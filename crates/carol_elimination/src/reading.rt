ghost use Rattle.std.specs.Prelude.{ℤ, ◌≡◌, ◌↔◌, ◌<◌, ◌++◌, [], ◌∷◌, pos, ◌+ℤ◌, ◌*ℤ◌, ◌≤ℤ◌, ◌<ℤ◌, List, length, IfOk, IfErr, IfSome, IfNone};
ghost use Rattle.carol_formula.specs.Bounds.{IsBelow, term_limit};
ghost use Rattle.carol_formula.specs.Linear.{Linear};
ghost use Rattle.carol_formula.specs.Numbers.{number_at};
ghost use Rattle.carol_formula.specs.Value.{FitsWithin};
ghost use Rattle.carol_elimination.specs.Entries.{row_in, rows_in, AreInside};
ghost use Rattle.carol_elimination.specs.Limits.{AreBounds};

use crate::Arena;
use crate::bounds::{Bounds, greater, lesser};
use carol_formula::{TERM_LIMIT, Term, Valuation, Variable};

// The greatest z at which `rest + coefficient * z` is at most 0.
fn upper_bound(coefficient: i128, rest: i128) -> i128
    requires positive { pos 0 <ℤ coefficient }
    requires small { IsBelow term_limit rest }
    ensures exact { (z : ℤ) → ((rest +ℤ (coefficient *ℤ z)) ≤ℤ pos 0) ↔ (z ≤ℤ result) }
    ensures small { IsBelow term_limit result }
{
    (-rest).div_euclid(coefficient)
}

// The least z at which `rest + coefficient * z` is at most 0.
fn lower_bound(coefficient: i128, rest: i128) -> i128
    requires negative { coefficient <ℤ pos 0 }
    requires coefficient { IsBelow term_limit coefficient }
    requires small { IsBelow term_limit rest }
    ensures exact { (z : ℤ) → ((rest +ℤ (coefficient *ℤ z)) ≤ℤ pos 0) ↔ (result ≤ℤ z) }
    ensures small { IsBelow term_limit result }
{
    -upper_bound(-coefficient, rest)
}

// The bounds after one row more, whose other variables have the given values. None where the row's
// value has a product or a sum that is not below 2^100 in absolute value.
fn narrowed(bounds: Bounds, row: &Term, x: Variable, values: &Valuation) -> Option<Bounds>
    requires { number_at values.now x ≡ pos 0 }
    ensures some { IfSome result (λ b. (rows : List Linear)
        → AreBounds x rows (number_at values.now) bounds
        → AreBounds x (rows ++ row.now ∷ []) (number_at values.now) b) }
    ensures none { IfNone result (¬ FitsWithin term_limit row.now (number_at values.now)) }
{
    let coefficient = row.coefficient(x);
    if coefficient == 0 {
        return Some(bounds);
    }
    let rest = row.value_within(values, TERM_LIMIT)?;
    if coefficient > 0 {
        let bound = upper_bound(coefficient, rest);
        Some(Bounds {
            low: bounds.low,
            high: Some(lesser(bounds.high, bound)),
        })
    } else {
        let bound = lower_bound(coefficient, rest);
        Some(Bounds {
            low: Some(greater(bounds.low, bound)),
            high: bounds.high,
        })
    }
}

/// The bounds that the rows set to the variable, whose value is 0 so far. The error is the number
/// of a row whose value has a product or a sum that is not below 2^100 in absolute value.
pub fn bounds_of(
    arena: &Arena,
    rows: &[u32],
    x: Variable,
    values: &Valuation,
) -> Result<Bounds, u32>
    requires inside { AreInside arena.now rows.now }
    requires zero { number_at values.now x ≡ pos 0 }
    ensures ok { IfOk result
        (AreBounds x (rows_in arena.now rows.now) (number_at values.now)) }
    ensures err { IfErr result (λ at. (at < length arena.now)
        × ¬ FitsWithin term_limit (row_in arena.now at) (number_at values.now)) }
{
    let mut bounds = Bounds::new();
    for at in rows {
        match narrowed(bounds, arena.row(*at), x, values) {
            Some(more) => bounds = more,
            None => return Err(*at),
        }
    }
    Ok(bounds)
}
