ghost use Rattle.std.specs.Prelude.{ℤ, ◌≡◌, ◌⊎◌, ◌↔◌, pos, ◌+ℤ◌, ◌≤ℤ◌, Some, None, IfOk, IfErr, IfSome};
ghost use Rattle.carol_formula.specs.Bounds.{IsBelow, term_limit};
ghost use Rattle.carol_elimination.specs.Limits.{IsAtMost, IsAtLeast, IsNearestWithin, IsBelowBoth};

/// The least and the greatest whole number that is allowed, where there is one.
#[derive(Clone, Copy)]
pub struct Bounds {
    pub low: Option<i128>,
    pub high: Option<i128>,
}

/// The tighter one of an upper bound and a further one.
pub fn lesser(high: Option<i128>, bound: i128) -> i128
    ensures both { (z : ℤ) → (IsAtMost high z × (z ≤ℤ bound)) ↔ (z ≤ℤ result) }
    ensures one { (high ≡ Some result) ⊎ (result ≡ bound) }
{
    match high {
        Some(high) if high < bound => high,
        _ => bound,
    }
}

/// The tighter one of a lower bound and a further one.
pub fn greater(low: Option<i128>, bound: i128) -> i128
    ensures both { (z : ℤ) → (IsAtLeast low z × (bound ≤ℤ z)) ↔ (result ≤ℤ z) }
    ensures one { (low ≡ Some result) ⊎ (result ≡ bound) }
{
    match low {
        Some(low) if low > bound => low,
        _ => bound,
    }
}

impl Bounds {
    /// Any number is allowed.
    pub fn new() -> Bounds
        ensures low { result.low ≡ None }
        ensures high { result.high ≡ None }
    {
        Bounds {
            low: None,
            high: None,
        }
    }

    /// The number of least absolute value between the bounds. Where there is none, the one before
    /// the low bound is the error.
    pub fn nearest(self) -> Result<i128, i128>
        requires { IfSome self.low (IsBelow term_limit) }
        ensures ok { IfOk result (IsNearestWithin self) }
        ensures err { IfErr result (IsBelowBoth self) }
    {
        match (self.low, self.high) {
            (Some(low), Some(high)) if low > high => Err(low - 1),
            (Some(low), _) if low > 0 => Ok(low),
            (_, Some(high)) if high < 0 => Ok(high),
            _ => Ok(0),
        }
    }
}
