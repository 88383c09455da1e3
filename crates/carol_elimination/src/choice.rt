ghost use Rattle.std.specs.Prelude.{◌≡◌, ◌<◌, ◌^◌, List, length, IfOk, IfSome, IfNone};
ghost use Rattle.carol_formula.specs.Bounds.{term_limit};
ghost use Rattle.carol_formula.specs.Linear.{Linear};
ghost use Rattle.carol_formula.specs.Numbers.{number_at};
ghost use Rattle.carol_formula.specs.Value.{Fits, FitsWithin};
ghost use Rattle.carol_elimination.specs.Stage.{Among, variables as all_variables};
ghost use Rattle.carol_elimination.specs.Derived.{row_at, AreDerived};
ghost use Rattle.carol_elimination.specs.Entries.{terms_of, row_in};
ghost use Rattle.carol_elimination.specs.Outcome.{IsQuietOutcome};
ghost use Rattle.carol_elimination.specs.Choosing.{AreLastChosen, IsChoice};

use crate::reading::bounds_of;
use crate::{Arena, Elimination};
use carol_cert::{RowStep, StepList};
use carol_formula::{Row, TERM_LIMIT, Valuation, Variable};
use std::alloc::{AllocError, Global};

/// What comes of choosing a whole number for each variable, from the last to the first.
#[derive(Drop)]
pub enum Choice {
    /// The numbers make each given row true.
    Model(Valuation),
    /// A branch on the variable at k is due: its bounds allow a fraction, but no whole number.
    Stuck {
        variable: Variable,
        k: i128,
    },
    /// A product or a sum on the way to the row's value is not below 2^100 in absolute value. The
    /// steps make the row of the given rows, and the numbers are those that were chosen so far.
    Far {
        steps: StepList,
        row: Row,
        values: Valuation,
    },
}

// The place of the first row whose value has a product or a sum that is not below 2^100 in absolute
// value.
fn first_far(given: &[Row], values: &Valuation) -> Option<usize>
    ensures some { IfSome result (λ at. (at < length given.now)
        × ¬ FitsWithin term_limit (row_at (terms_of given.now) at) (number_at values.now)) }
    ensures none { IfNone result ((r : Linear) → Among r (terms_of given.now)
        → Fits r (number_at values.now)) }
{
    for at in 0..given.len() {
        if given[at].0.value_within(values, TERM_LIMIT).is_none() {
            return Some(at);
        }
    }
    None
}

// The given row at the place as one that is far.
fn given_far(
    alloc: Global,
    given: &[Row],
    at: usize,
    values: Valuation,
) -> Result<Choice, AllocError>
    requires count { length given.now < 2 ^ 32 }
    requires known { at < length given.now }
    requires far { ¬ FitsWithin term_limit (row_at (terms_of given.now) at) (number_at values) }
    requires chosen { AreLastChosen (terms_of given.now) (number_at values) }
    ensures { IfOk result (IsChoice (terms_of given.now)) }
{
    let mut steps = StepList::new(alloc);
    steps.push(RowStep::Given { at: at as u32 })?;
    let row = Row(given[at].0.copy()?);
    Ok(Choice::Far { steps, row, values })
}

// The row of the arena as one that is far.
fn derived_far(
    alloc: Global,
    arena: &Arena,
    at: u32,
    values: Valuation,
) -> Result<Choice, AllocError>
    requires known { at < length arena.now }
    requires far { ¬ FitsWithin term_limit (row_in arena.now at) (number_at values) }
    ensures { IfOk result (λ choice. (given : List Linear) → AreDerived given arena.now
        → AreLastChosen given (number_at values) → IsChoice given choice) }
{
    let steps = arena.steps_to(alloc, at)?;
    let row = Row(arena.row(at).copy()?);
    Ok(Choice::Far { steps, row, values })
}

/// Chooses a whole number for each variable, after the elimination of all variables was quiet.
pub fn choose(
    alloc: Global,
    given: &[Row],
    variables: &[u32],
    elimination: &Elimination,
) -> Result<Choice, AllocError>
    requires count { length given.now < 2 ^ 32 }
    requires quiet { IsQuietOutcome (terms_of given.now) variables.now elimination.now }
    requires variables { variables.now ≡ all_variables (terms_of given.now) }
    ensures { IfOk result (IsChoice (terms_of given.now)) }
{
    let mut values = Valuation::new(alloc);
    let mut left = variables;
    while let Some((number, before)) = left.split_last() {
        let x = Variable(*number);
        let rows = &elimination.stages[before.len()];
        match bounds_of(&elimination.arena, rows, x, &values) {
            Ok(bounds) => match bounds.nearest() {
                Ok(nearest) => values.set(x, nearest)?,
                Err(k) => return Ok(Choice::Stuck { variable: x, k }),
            },
            Err(at) => return derived_far(alloc, &elimination.arena, at, values),
        }
        left = before;
    }
    match first_far(given, &values) {
        Some(at) => given_far(alloc, given, at, values),
        None => Ok(Choice::Model(values)),
    }
}
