//! The search for two rules that clash.
ghost use Rattle.std.specs.Prelude.{◌<◌, length, ℕ, MatchOption};
ghost use Rattle.flow_rules.specs.Frees.{IsFree, IsFirstAfter};
ghost use Rattle.flow_rules.specs.Overlaps.{IsLeastClash};

use crate::rules::Rule;

/// The first rule after position i with which the rule there clashes.
fn clash_after(rules: &[Rule], i: usize) -> Option<usize>
    requires { i < length rules.now }
    ensures { MatchOption result (IsFree rules.now i) (λ j. IsFirstAfter rules.now i j) }
{
    for j in i + 1..rules.len() {
        if rules[i].clashes(&rules[j]) {
            return Some(j);
        }
    }
    None
}

/// The least two positions of rules that clash.
pub fn least_clash(rules: &[Rule]) -> Option<(usize, usize)>
    ensures { MatchOption result ((i : ℕ) → IsFree rules.now i)
        (λ pair. IsLeastClash rules.now pair.0 pair.1) }
{
    for i in 0..rules.len() {
        if let Some(j) = clash_after(rules, i) {
            return Some((i, j));
        }
    }
    None
}
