//! Patterns, keys, actions and rules.
ghost use Rattle.std.specs.Prelude.{◌≡◌, ◌↔◌, ◌==◌, IsTrue};
ghost use Rattle.std.specs.Option.{option_eq};
ghost use Rattle.net_base.specs.declared.ids.Port.{Port};
ghost use Rattle.flow_rules.specs.Overlaps.{IsClash, ports_meet, vlans_meet, blocks_meet, patterns_meet, keys_clash};
ghost use Rattle.flow_rules.specs.Patterns.{admits_port, admits_vlan, covers, vlan_test_eq, key_eq};
ghost use Rattle.flow_rules.specs.Same.{rewrite_eq, action_eq, rule_eq};

use net_base::{Port, Prefix, Vlan};

/// A test of a packet's VLAN: none, that it has no tag, or its id, 1 to 4094 (OpenFlow 1.0.0, section 5.2.3: `dl_vlan`,
/// where 0xffff is a packet without a tag).
#[derive(Clone, Copy, Debug, PartialEq, Eq, Hash)]
pub enum VlanTest {
    Any,
    Untagged,
    Id(u16),
}

/// A flow match: an ingress port or any, a VLAN test and a destination prefix.
#[derive(Clone, Copy, Debug, PartialEq, Eq, Hash)]
pub struct Pattern {
    pub in_port: Option<Port>,
    pub vlan: VlanTest,
    pub dst: Prefix,
}

/// What names an entry of a table: its priority and its match (OpenFlow 1.0.0, section 4.6: a strict command acts on the
/// entry of just these). The greater priority is tried first.
#[derive(Clone, Copy, Debug, PartialEq, Eq, Hash)]
pub struct Key {
    pub priority: u16,
    pub pattern: Pattern,
}

/// What an output does to the VLAN before it sends: nothing, set the id, 1 to 4094, or strip the tag
/// (OpenFlow 1.0.0, section 5.2.4).
#[derive(Clone, Copy, Debug, PartialEq, Eq, Hash)]
pub enum Rewrite {
    Keep,
    Set(u16),
    Strip,
}

/// What a rule does with a packet: an entry without actions discards it (OpenFlow 1.0.0, section 3.3).
#[derive(Clone, Copy, Debug, PartialEq, Eq, Hash)]
pub enum Action {
    Discard,
    Out(Port, Rewrite),
}

/// An entry of a flow table.
#[derive(Clone, Copy, Debug, PartialEq, Eq, Hash)]
pub struct Rule {
    pub key: Key,
    pub action: Action,
}

/// Whether the choice of an ingress port admits a port: none chooses any.
pub fn admits_port(choice: Option<Port>, port: Port) -> bool
    ensures { result ≡ admits_port choice port }
{
    match choice {
        None => true,
        Some(p) => p.0 == port.0,
    }
}

/// Whether a test admits a VLAN.
pub fn admits_vlan(test: VlanTest, vlan: Vlan) -> bool
    ensures { result ≡ admits_vlan test vlan }
{
    match (test, vlan) {
        (VlanTest::Any, _) => true,
        (VlanTest::Untagged, Vlan::Untagged) => true,
        (VlanTest::Id(n), Vlan::Id(id)) => n == id,
        _ => false,
    }
}

impl Pattern {
    /// Whether the pattern covers a packet.
    pub fn covers(&self, port: Port, vlan: Vlan, dst: u32) -> bool
        ensures { result ≡ covers self.now (record { port = port; vlan = vlan; dst = dst }) }
    {
        admits_port(self.in_port, port) && admits_vlan(self.vlan, vlan) && self.dst.has(dst)
    }
}

/// Whether two choices of an ingress port are the same.
fn is_same_port(a: Option<Port>, b: Option<Port>) -> bool
    ensures { result ≡ option_eq (λ (p q : Port). p.0 == q.0) a b }
{
    match (a, b) {
        (None, None) => true,
        (Some(p), Some(q)) => p.0 == q.0,
        _ => false,
    }
}

/// Whether two VLAN tests are the same.
fn is_same_test(a: VlanTest, b: VlanTest) -> bool
    ensures { result ≡ vlan_test_eq a b }
{
    match (a, b) {
        (VlanTest::Any, VlanTest::Any) => true,
        (VlanTest::Untagged, VlanTest::Untagged) => true,
        (VlanTest::Id(m), VlanTest::Id(n)) => m == n,
        _ => false,
    }
}

impl Key {
    /// Whether two keys are the same.
    pub fn is_same(&self, other: &Key) -> bool
        ensures { result ≡ key_eq self.now other.now }
    {
        let one = &self.pattern.dst;
        let two = &other.pattern.dst;
        self.priority == other.priority
            && is_same_port(self.pattern.in_port, other.pattern.in_port)
            && is_same_test(self.pattern.vlan, other.pattern.vlan)
            && one.base == two.base
            && one.len == two.len
    }
}

/// Whether some port is admitted by both choices.
fn do_ports_meet(a: Option<Port>, b: Option<Port>) -> bool
    ensures { result ≡ ports_meet a b }
{
    match (a, b) {
        (Some(p), Some(q)) => p.0 == q.0,
        _ => true,
    }
}

/// Whether some VLAN is admitted by both tests.
fn do_tests_meet(a: VlanTest, b: VlanTest) -> bool
    ensures { result ≡ vlans_meet a b }
{
    match (a, b) {
        (VlanTest::Any, _) => true,
        (_, VlanTest::Any) => true,
        (VlanTest::Untagged, VlanTest::Untagged) => true,
        (VlanTest::Id(m), VlanTest::Id(n)) => m == n,
        _ => false,
    }
}

/// Whether some address lies in both prefixes.
fn do_prefixes_meet(a: &Prefix, b: &Prefix) -> bool
    ensures { result ≡ blocks_meet a.now b.now }
{
    a.has(b.base) || b.has(a.base)
}

impl Pattern {
    /// Whether some packet is covered by both patterns.
    fn meets(&self, other: &Pattern) -> bool
        ensures { result ≡ patterns_meet self.now other.now }
    {
        do_ports_meet(self.in_port, other.in_port)
            && do_tests_meet(self.vlan, other.vlan)
            && do_prefixes_meet(&self.dst, &other.dst)
    }
}

impl Key {
    /// Whether the keys have equal priority and cover a common packet.
    pub fn clashes(&self, other: &Key) -> bool
        ensures { result ≡ keys_clash self.now other.now }
    {
        self.priority == other.priority && self.pattern.meets(&other.pattern)
    }
}

impl Rule {
    /// Whether two rules of equal priority cover a common packet.
    pub fn clashes(&self, other: &Rule) -> bool
        ensures { IsTrue result ↔ IsClash self.now other.now }
    {
        self.key.clashes(&other.key)
    }
}

/// Whether two rewrites are the same.
fn is_same_rewrite(a: Rewrite, b: Rewrite) -> bool
    ensures { result ≡ rewrite_eq a b }
{
    match (a, b) {
        (Rewrite::Keep, Rewrite::Keep) => true,
        (Rewrite::Set(m), Rewrite::Set(n)) => m == n,
        (Rewrite::Strip, Rewrite::Strip) => true,
        _ => false,
    }
}

/// Whether two actions are the same.
fn is_same_action(a: Action, b: Action) -> bool
    ensures { result ≡ action_eq a b }
{
    match (a, b) {
        (Action::Discard, Action::Discard) => true,
        (Action::Out(p, r), Action::Out(q, w)) => p.0 == q.0 && is_same_rewrite(r, w),
        _ => false,
    }
}

impl Rule {
    /// Whether two rules are the same.
    pub fn is_same(&self, other: &Rule) -> bool
        ensures { result ≡ rule_eq self.now other.now }
    {
        self.key.is_same(&other.key) && is_same_action(self.action, other.action)
    }
}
◆ ◆ ◆
Once the line containing "(number_at values.now) bounds" has been written out, please stop; every line before it, back to the first line of the records above, should be given exactly.

filename crates/carol_elimination/src/reading.rt
ghost use Rattle.std.specs.Prelude.{ℤ, ◌≡◌, ◌↔◌, ◌<◌, ◌++◌, [], ◌∷◌, pos, ◌+ℤ◌, ◌*ℤ◌, ◌≤ℤ◌, ◌<ℤ◌, List, length, IfOk, IfErr, IfSome, IfNone};
ghost use Rattle.carol_formula.specs.Bounds.{IsBelow, term_limit};
ghost use Rattle.carol_formula.specs.Linear.{Linear};
ghost use Rattle.carol_formula.specs.Numbers.{number_at};
ghost use Rattle.carol_formula.specs.Value.{FitsWithin};
ghost use Rattle.carol_elimination.specs.Entries.{row_in, rows_in, AreInside};
ghost use Rattle.carol_elimination.specs.Limits.{AreBounds};

use crate::Arena;
use crate::bounds::{Bounds, greater, lesser};
use carol_formula::{TERM_LIMIT, Term, Valuation, Variable};

// The greatest z at which `rest + coefficient * z` is at most 0.
fn upper_bound(coefficient: i128, rest: i128) -> i128
    requires positive { pos 0 <ℤ coefficient }
    requires small { IsBelow term_limit rest }
    ensures exact { (z : ℤ) → ((rest +ℤ (coefficient *ℤ z)) ≤ℤ pos 0) ↔ (z ≤ℤ result) }
    ensures small { IsBelow term_limit result }
{
    (-rest).div_euclid(coefficient)
}

// The least z at which `rest + coefficient * z` is at most 0.
fn lower_bound(coefficient: i128, rest: i128) -> i128
    requires negative { coefficient <ℤ pos 0 }
    requires coefficient { IsBelow term_limit coefficient }
    requires small { IsBelow term_limit rest }
    ensures exact { (z : ℤ) → ((rest +ℤ (coefficient *ℤ z)) ≤ℤ pos 0) ↔ (result ≤ℤ z) }
    ensures small { IsBelow term_limit result }
{
    -upper_bound(-coefficient, rest)
}

// The bounds after one row more, whose other variables have the given values. None where the row's
// value has a product or a sum that is not below 2^100 in absolute value.
fn narrowed(bounds: Bounds, row: &Term, x: Variable, values: &Valuation) -> Option<Bounds>
    requires { number_at values.now x ≡ pos 0 }
    ensures some { IfSome result (λ b. (rows : List Linear)
        → AreBounds x rows (number_at values.now) bounds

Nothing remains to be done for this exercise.